Return every line from the records below that has the word "Rattle".

**Material provided**:
***

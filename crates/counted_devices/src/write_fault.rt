//! Faults of writing.
ghost use Rattle.std.specs.Prelude.{◌≡◌};
ghost use Rattle.counted_devices.specs.declared.write_fault.WriteFault.{WriteFault};
ghost use Rattle.counted_devices.specs.Numbers.{write_fault_number};

use tag::Memory;
use thiserror::Error;

/// Why a text didn't go out whole.
#[derive(Clone, Copy, Debug, PartialEq, Eq, Error)]
pub enum WriteFault {
    /// The writer failed.
    #[error("device")]
    Device = 13,
    /// An allocation was refused.
    #[error("memory")]
    Memory = 14,
}

impl WriteFault {
    /// The fault's number, 13 or 14.
    pub fn number(self) -> u8
        ensures { result ≡ write_fault_number self }
    {
        self as u8
    }
}

impl From<Memory> for WriteFault {
    ghost from_gives = { λ _ e. e ≡ WriteFault.Memory };

    fn from(_: Memory) -> WriteFault {
        WriteFault::Memory
    }
}
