//! What a line of a file shows by itself.

/// What a line shows by itself: its item, or its fault.
#[derive(Debug, Drop)]
pub enum Judgement<T, L> {
    Item(T),
    Fault(L),
}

***

**Completed exercise**:
ghost use Rattle.std.specs.Prelude.{◌≡◌};
ghost use Rattle.counted_devices.specs.declared.write_fault.WriteFault.{WriteFault};
ghost use Rattle.counted_devices.specs.Numbers.{write_fault_number};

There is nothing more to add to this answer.